COBOL (“Common Business-Oriented Language”) has been around for more than 60 years, but it has recently been in demand due to some government agency needs. In the most prominent example, software programmers are using COBOL in state government systems to handle jobless benefits amid the COVID-19 pandemic.
“Most of those systems, particularly state-run systems, are written in COBOL, and they're dependent on that type of skill set to maintain, support and in many ways modernize those systems,” said Ed Airey, product director for COBOL solutions at Micro Focus.
Brian A. Dalio, associate professor of instruction in the Department of Computer Science and Engineering at the University of Texas at Arlington (UTA), also sees the increased demand among government agencies.
“Those applications have run fine for years, maybe decades, but recent pressures on agencies because of COVID have revealed deficiencies in data processing systems that need attention,” Dalio said.
COBOL is also a useful language for lining up data in reports because it handles formatting automatically, unlike Java, said Neal Rogers, a computer science professor at Columbus State University in Columbus, Georgia. Hence its presence in large databases.
In addition to government usage, COBOL has been utilized for business applications in finance and insurance. Software developers use COBOL to design systems for everything from airlines to ATMs. But mainframe systems based on COBOL have not been updated in years, in some cases.
Companies have difficulty finding people with skills in COBOL. Indeed, Airey said, companies are looking to bridge their applications from the old to the new using COBOL, rather than rewriting them altogether to save costs. Businesses are also moving COBOL applications to the cloud.
“It's a differentiating skill in the marketplace, particularly when you look at enterprise computing as a whole,” Airey added. “And in many ways it will command, over the long term as you develop that skill, a much higher salary.”

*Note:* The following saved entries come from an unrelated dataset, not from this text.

//! Parser for decimal numbers without leading zeros.
ghost use Rattle.std.specs.Prelude.{◌≡◌, ◌≢◌, ◌^◌, ◌<◌, ◌++◌, ◌∷◌, ℕ, List, decimal, length, slice_index, IfSome, IfNone, IsTrue, ◌↔◌};

use itoa::Buffer;
use std::str;

/// Returns the number before the first byte `end`, and the bytes after that byte. Returns `None` if there is no such
/// number of 64 bits.
pub(crate) fn read_number(bytes: &[u8], end: u8) -> Option<(u64, &[u8])>
    requires { end < 48 }
    ensures some { IfSome result (λ read. bytes.now ≡ decimal read.0 ++ end ∷ read.1.now) }
    ensures fits { IfSome result (λ read. read.0 < 2 ^ 64) }
    ensures none { IfNone result ((n : ℕ) (rest : List ℕ) → n < 2 ^ 64 → bytes.now ≢ decimal n ++ end ∷ rest) }
{
    let place = find(bytes, end)?;
    let n = parse_number(&bytes[..place])?;
    Some((n, &bytes[place + 1..]))
}

/// Returns the position of the first byte equal to `wanted`.
fn find(bytes: &[u8], wanted: u8) -> Option<usize>
    ensures within { IfSome result (λ place. place < length bytes.now) }
    ensures found { IfSome result (λ place. slice_index bytes.now place ≡ wanted) }
    ensures first { IfSome result (λ place. (k : ℕ) → k < place → slice_index bytes.now k ≢ wanted) }
    ensures none { IfNone result ((k : ℕ) → k < length bytes.now → slice_index bytes.now k ≢ wanted) }
{
    for (place, byte) in bytes.iter().enumerate() {
        if *byte == wanted {
            return Some(place);
        }
    }
    None
}

/// Returns the number with exactly these decimal digits, or `None` if there is no such number of 64 bits.
fn parse_number(digits: &[u8]) -> Option<u64>
    ensures some { IfSome result (λ n. digits.now ≡ decimal n) }
    ensures none { IfNone result ((n : ℕ) → n < 2 ^ 64 → digits.now ≢ decimal n) }
{
    let Ok(text) = str::from_utf8(digits) else {
        return None;
    };
    let Ok(n) = text.parse::<u64>() else {
        return None;
    };
    let mut buffer = Buffer::new();
    if is_same(buffer.format(n).as_bytes(), digits) {
        Some(n)
    } else {
        None
    }
}

/// Returns true if the bytes are equal.
fn is_same(a: &[u8], b: &[u8]) -> bool
    ensures { IsTrue result ↔ (a.now ≡ b.now) }
{
    a == b
}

Burning Glass, which collects and analyzes millions of job postings from across the country, places the current median salary for jobs involving COBOL skills at $90,000, which is a tad below the technology-industry average of $94,000 (according to the 2020 edition of the Dice Salary Report). But in desperate times, with companies scrambling to find anyone with solid COBOL skills, salaries could drift higher.
Training in COBOL
Some tech companies offer programs to learn COBOL. Micro Focus has a COBOL Academic Program, and IBM offers courses on its site.
Airey suggests you could learn COBOL within a day; developing knowledge of the language is the “straightforward” part. The more challenging step is understanding the business function for real-world applications within government and finance. An internship at a financial institution or government agency, for example, can offer an effective way to gain experience in COBOL.
A Resurgence?
C, C++, Java and Python are the “mainstream languages” taught at academic institutions like UTA, but COBOL made an appearance in Dalio’s “Design and Construction of Compilers” class this year. Dalio is teaching a “mini-version” of the language because of its recent popularity.
Demand in COBOL is increasing because of the retirement of a generation of programmers, according to Dalio: “Over the past few years, more and more of these programmers are leaving the workforce, and replacing them has been tricky since the areas they come from are not seen as ‘sexy’ by younger programmers.”
It all comes down to maintaining legacy code, even if new applications aren’t being written. “Depending on whose estimates one wants to believe, there are billions of lines of COBOL code that need to be maintained,” Dalio said. “That backlog is not going to go away anytime soon.”